Principles of Engaging Parents, carers and the school community
Schools have a central role in educating and supporting parents and whole school community with online safety.
Ofsted inspectors will be looking for evidence of parents eSafety sessions and Information embedded in school website or newsletters.
In the Ofsted E-safety briefing document for inspectors April 2013, Workshops for parents and children teaching parents (for example at sessions or in homework) are examples given for what is good or outstanding practice.
Promoting quality and appropriate ICT resources, not just the risks associated with E-safety
LGFL believe eSafety education should include not just the risks associated with the Internet and technology (3 c’s of content, contact and conduct) but also guidance and ideas on what good use of ICT looks like for children and young people.

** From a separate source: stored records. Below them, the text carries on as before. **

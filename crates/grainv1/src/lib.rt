// Grain v1: a message with the keystream added. There is no tag.
#![tactic(auto)]

mod adding;
pub mod keystream;
pub mod registers;
pub mod starting;
mod stroke;
mod windows;

ghost use Rattle.std.specs.Prelude.{◌≡◌};
ghost use Rattle.refusals.specs.Refusals as refusals;
ghost use Rattle.refusals.specs.Refusals.{among};
ghost use Rattle.refusals.specs.Outcome.{outcome};
ghost use Rattle.checks.specs.Demand1.{Demand1};
ghost use Rattle.grainv1.specs.StartUp.{initialised, with_keystream};
ghost use Rattle.grainv1.specs.Words.{generator_of};
ghost use Rattle.grainv1.specs.Rows.{order, rows};
ghost use Rattle.grainv1.specs.Calls.{crypted, Crypting};

use crate::registers::Registers;
use limits::MESSAGE_LIMIT;
use refusals::Refusal;

// The first row that applies.
#[tactic(auto, unfolding(crate::specs::Rows::order, crate::specs::Rows::rows, limits::specs::Limits::message_limit, refusals::specs::Refusals::among, refusals::specs::Refusals::check))]
fn judge(key: &[u8], nonce: &[u8], message: &[u8], out: &[u8]) -> Result<(), Refusal>
    ensures { result ≡ refusals.check order (among (rows key.now nonce.now message.now out.now)) }
{
    refusals::first(&[
        (Refusal::KeySize, key.len() != 10),
        (Refusal::NonceSize, nonce.len() != 8),
        (Refusal::MessageTooLong, MESSAGE_LIMIT < message.len()),
        (Refusal::OutputTooShort, out.len() < message.len()),
    ])
}

// The registers after start-up, from the bytes of key and nonce.
fn begin(key: &[u8; 10], nonce: &[u8; 8]) -> Registers
    ensures { generator_of result ≡ initialised key.now nonce.now }
{
    starting::start(
        bits::number(&key[..8]),
        bits::number(&key[8..]),
        bits::number(nonce),
    )
}

// Adds the keystream: to a message, or to what this call made of one, at the front of the output.
pub fn crypt(key: &[u8], nonce: &[u8], message: &[u8], out: &mut [u8]) -> Result<usize, Refusal>
    ensures crypted { outcome result out.new ≡ crypted key.now nonce.now message.now out.old }
    ensures demand1 { Demand1 order (among (rows key.now nonce.now message.now out.old)) (with_keystream key.now nonce.now message.now) out.old (outcome result out.new) }
    ensures crypting { Crypting key.now nonce.now message.now out.old (outcome result out.new) }
{
    judge(key, nonce, message, out)?;
    // No row applied: key and nonce have their sizes.
    let begun = begin(key.try_into().unwrap(), nonce.try_into().unwrap());
    adding::add(begun, message, out);
    Ok(message.len())
}
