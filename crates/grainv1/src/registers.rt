// The registers of Grain v1 on words.
ghost use Rattle.std.specs.Prelude.{◌≡◌, ◌++◌, drop};
ghost use Rattle.bits.specs.Bytes.{word};

// Places 0 to 63 of a register are its word 0, the first in the top bit. Places 64 to 79 are the lowest sixteen bits of its word 1; the others of that word
// count for nothing.
#[derive(Clone, Copy)]
pub struct Registers {
    pub lfsr0: u64,
    pub lfsr1: u64,
    pub nfsr0: u64,
    pub nfsr1: u64,
}

// The registers, with the outputs of their clocks shifted into a word.
#[derive(Clone, Copy)]
pub struct Run {
    pub registers: Registers,
    pub outputs: u64,
}

// The last 48 places of a word, and the lowest sixteen bits of another behind them.
pub fn moved(places: u64, behind: u64) -> u64
    ensures { word 64 result ≡ drop 16 (word 64 places) ++ word 16 behind }
{
    (places << 16) | (behind % 0x1_0000)
}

Beyond the parent workshop, ideas for drip-feeding e-safety messages on a regular basis
E-safety parent sessions have been the traditional approach to educating parents and careers. However, we know it’s often the same parents who attend these sessions and with the prominence of technology in our daily lives and the fact it changes almost every week, E-safety definitely requires a drip-feed approach to education, with regular and creative ideas to communicate to even those hard to reach families.
Encourage a “Look left, look right, look left again” approach for E-safety in your school!
Adults being great role models
We all use the internet for work and pleasure and the internet is available on most mobile phones now. How does this impact on family life? When working with parents and carers it is important to reinforce we all use technology sensibly and appropriately.